胖姑娘回头看了她一眼,嘿嘿一笑:“这位姑娘,有没有听过先下手为强?”
伙计站在柜台后边嗤嗤的笑,一手接过胖姑娘的西瓜:“我早就说了要姑娘早些下手,你偏偏不相信,这下后悔也来不及了!”
胖姑娘得了伙计的支持,两个腮帮子鼓了起来,就像稻田里的青蛙一样,她得意的笑了笑,烧饼脸上几颗麻子特别显眼:“你又不是不知道今天许侍郎要的是西瓜,还磨磨蹭蹭半天不下手,抢不到也别怪我!”

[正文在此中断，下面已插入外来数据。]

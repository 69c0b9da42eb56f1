//! What a server tells for an open or a close.
ghost use Rattle.std.specs.Prelude.{◌≡◌, ◌≢◌, ◌*◌, Ok, Err, None};
ghost use Rattle.std.specs.Io.KnownBytes.{IsAtEnd};
ghost use Rattle.chord_wire.specs.SessionReading.{next_session_answer};
ghost use Rattle.chord_serve.specs.BytesRead.{ReadsBetween, ReadsInTurns};
ghost use Rattle.chord_serve.specs.Told.{LooksFor, LooksOn, Hears, Tells};

use crate::calls::CallFault;
use crate::write_bytes::write_bytes;
use chord_wire::{FaultCode, SessionAnswer, SessionAnswers};
use std::alloc::Global;
use std::io::{Read, Write};

/// A server's frame.
#[derive(Debug, Drop)]
pub struct Told {
    pub answer: SessionAnswer,
    /// Whether no byte was read behind it.
    pub is_alone: bool,
}

// The next frame, if it is whole.
fn look(frames: &mut SessionAnswers) -> Result<Option<SessionAnswer>, CallFault>
    ensures looks { LooksFor result frames.old frames.new }
    ensures not_ended { result ≢ Err CallFault.Ended }
    ensures not_spent { result ≢ Err CallFault.TurnsSpent }
{
    match frames.next() {
        Ok(answer) => Ok(answer),
        Err(fault) => {
            if fault.code == FaultCode::Memory {
                Err(CallFault::Memory)
            } else {
                Err(CallFault::Malformed(fault.code))
            }
        }
    }
}

// One read, and then the next frame, if it is whole.
fn look_on<R: Read>(
    reader: &mut R,
    frames: &mut SessionAnswers,
) -> Result<Option<SessionAnswer>, CallFault>
    requires { next_session_answer frames.old ≡ Ok None }
    ensures looks { LooksOn result frames.old (R.remaining reader.old) (R.remaining reader.new) frames.new }
    ensures end { result ≡ Err CallFault.Ended → IsAtEnd (R.remaining reader.new) }
    ensures bytes { ReadsBetween 0 4096 (R.remaining reader.old) (R.remaining reader.new) }
    ensures not_spent { result ≢ Err CallFault.TurnsSpent }
    ensures progress { result ≡ Ok None → ReadsBetween 1 4096 (R.remaining reader.old) (R.remaining reader.new) }
{
    let mut buffer = [0u8; 4096];
    let count = match reader.read(&mut buffer) {
        Ok(count) => count,
        Err(_) => return Err(CallFault::Read),
    };
    if count == 0 {
        return Err(CallFault::Ended);
    }
    match frames.feed(&buffer[..count]) {
        Ok(()) => look(frames),
        Err(_) => Err(CallFault::Memory),
    }
}

// The first frame, in at most `turns` reads, of at most 4,096 bytes each.
fn hear<R: Read>(alloc: Global, reader: &mut R, turns: u64) -> Result<Told, CallFault>
    ensures hears { Hears result (R.remaining reader.old) (R.remaining reader.new) }
    ensures end { result ≡ Err CallFault.Ended → IsAtEnd (R.remaining reader.new) }
    ensures turns { ReadsInTurns (result ≡ Err CallFault.TurnsSpent) 4096 turns (R.remaining reader.old) (R.remaining reader.new) }
{
    let mut frames = SessionAnswers::new(alloc);
    for _ in 0..turns {
        if let Some(answer) = look_on(reader, &mut frames)? {
            let is_alone = frames.left() == 0;
            return Ok(Told { answer, is_alone });
        }
    }
    Err(CallFault::TurnsSpent)
}

// Writes a frame, and takes the first frame of the server's.
pub(crate) fn be_told<R: Read, W: Write>(
    alloc: Global,
    reader: &mut R,
    writer: &mut W,
    frame: &[u8],
    turns: u64,
) -> Result<Told, CallFault>
    ensures tells { Tells result frame.now (R.remaining reader.old) (R.remaining reader.new) (W.contents writer.old) (W.contents writer.new) }
    ensures end { result ≡ Err CallFault.Ended → IsAtEnd (R.remaining reader.new) }
    ensures turns { ReadsInTurns (result ≡ Err CallFault.TurnsSpent) 4096 turns (R.remaining reader.old) (R.remaining reader.new) }
{
    match write_bytes(writer, frame) {
        Ok(()) => hear(alloc, reader, turns),
        Err(_) => Err(CallFault::Write),
    }
}
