//! The frames that end a connection.
ghost use Rattle.std.specs.Prelude.{◌≡◌, ◌≢◌};
ghost use Rattle.chord_serve.specs.Ends.{IsStop};
ghost use Rattle.chord_serve.specs.Served.{is_other, TellsFault, TellsClosed};

use crate::due::Due;
use crate::served::Served;
use chord_wire::{FaultCode, WireFault, write_closed, write_fault};
use std::alloc::Global;

// A request of another version than the first one.
pub(crate) const BAD_VERSION: WireFault = WireFault {
    code: FaultCode::BadVersion,
    number: 0,
};

// An open behind the first frame, or a close without a session.
pub(crate) const OUT_OF_PLACE: WireFault = WireFault {
    code: FaultCode::OutOfPlace,
    number: 0,
};

// Ends a session with a fault, whose frame is added to the output.
pub(crate) fn refuse(alloc: Global, due: &mut Due, fault: WireFault) -> Served
    requires { fault.code ≢ FaultCode.Memory }
    ensures due { TellsFault result fault due.old due.new }
    ensures stop { IsStop result }
{
    match write_fault(alloc, fault.number, fault.code) {
        Err(_) => Served::Memory,
        Ok(frame) => match due.add(&frame) {
            Ok(()) => Served::Malformed(fault.code),
            Err(_) => Served::Memory,
        },
    }
}

// Whether the version differs from the first one.
pub(crate) fn is_other(first: Option<u8>, version: u8) -> bool
    ensures { result ≡ is_other first version }
{
    match first {
        None => false,
        Some(first) => first != version,
    }
}

// Ends a session that its client closed; the frame that says so is added to the output.
pub(crate) fn close(alloc: Global, due: &mut Due) -> Served
    ensures due { TellsClosed result due.old due.new }
    ensures stop { IsStop result }
{
    match write_closed(alloc) {
        Err(_) => Served::Memory,
        Ok(frame) => match due.add(&frame) {
            Ok(()) => Served::Quit,
            Err(_) => Served::Memory,
        },
    }
}
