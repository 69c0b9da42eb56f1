//! One request of a session.
ghost use Rattle.std.specs.Prelude.{◌≡◌, ◌≢◌, OnOk, IfOk, IfSome};
ghost use Rattle.chord_wire.specs.Spelling.{IsWireRequest};
ghost use Rattle.chord_serve.specs.Question.{IsAnswer};
ghost use Rattle.chord_serve.specs.Output.{frame_of, after_answer};
ghost use Rattle.chord_serve.specs.Steps.{Begins, IsKept};
ghost use Rattle.chord_serve.specs.Writes.{Joins};
ghost use Rattle.chord_serve.specs.declared.asker.Asked.TheVariants as asked;

use crate::asker::{Asked, Asker};
use crate::due::Due;
use chord_map::Bytes;
use chord_session::{Move, Session};
use chord_wire::{FaultCode, WireRequest, write_fault, write_reply};
use std::alloc::{AllocError, Global};

// Adds the frame of an answer to the output, and stores the frame of a reply.
pub(crate) fn tell(
    alloc: Global,
    session: &mut Session,
    due: &mut Due,
    number: u64,
    answer: Asked,
) -> Result<(), AllocError>
    requires fits { IsAnswer answer }
    requires kept { IsKept number session.old }
    ensures due { Joins result due.old due.new (frame_of number answer) }
    ensures told { OnOk result (session.new ≡ after_answer session.old number answer) }
    ensures answered { OnOk result (answer ≢ asked.Memory) }
{
    match answer {
        Asked::Reply(reply) => {
            let frame = write_reply(alloc, number, &reply)?;
            due.add(&frame)?;
            session.keep(number, Bytes::from_vec(frame));
            Ok(())
        }
        Asked::Full => {
            let frame = write_fault(alloc, number, FaultCode::Full)?;
            due.add(&frame)
        }
        Asked::NoAnswer => {
            let frame = write_fault(alloc, number, FaultCode::NoAnswer)?;
            due.add(&frame)
        }
        Asked::Memory => Err(AllocError),
    }
}

/// Lets a request in, and asks what it calls for. None if no question is to be asked: what is to be
/// written for it is added to the output.
pub(crate) fn begin_one<A: Asker>(
    alloc: Global,
    session: &mut Session,
    due: &mut Due,
    asker: &mut A,
    wire: WireRequest,
) -> Result<Option<Asked>, AllocError>
    requires { IsWireRequest wire }
    ensures begins { Begins A.answers result session.old asker.old wire due.old due.new session.new asker.new }
    ensures fits { IfOk result (λ asked. IfSome asked IsAnswer) }
    ensures kept { IfOk result (λ asked. IfSome asked (λ _. IsKept wire.number session.new)) }
{
    let number = wire.number;
    match session.accept(&wire) {
        Move::Refuse(code) => {
            asker.refuse();
            let frame = write_fault(alloc, number, code)?;
            due.add(&frame)?;
            Ok(None)
        }
        Move::Again => match session.frame_of(number) {
            Some(frame) => {
                due.add(frame.as_slice())?;
                Ok(None)
            }
            None => unreachable!(),
        },
        Move::Ask => {
            session.add(wire.request)?;
            let answer = asker.ask(session.newest(), session.floor());
            Ok(Some(answer))
        }
        Move::Retry => {
            let answer = asker.retry(number, session.floor());
            Ok(Some(answer))
        }
    }
}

“啪”的一声,那胖姑娘将十多个铜板甩到了桌子上头:“还帮我在到西瓜上刻几个字,我喜欢你,许侍郎!”她的脸红了红,羞答答的捏着帕子绞了个麻花:“下边刻上我的闺名,你把脑袋伸过来,我偷偷告诉你。”
伙计呵呵一笑:“朱姑娘的名字,我早就记下了。”
这都是怎么一回事?柳蓉有些迷惑,这位许侍郎究竟是何许人也,竟然有这么多姑娘买西瓜去送他?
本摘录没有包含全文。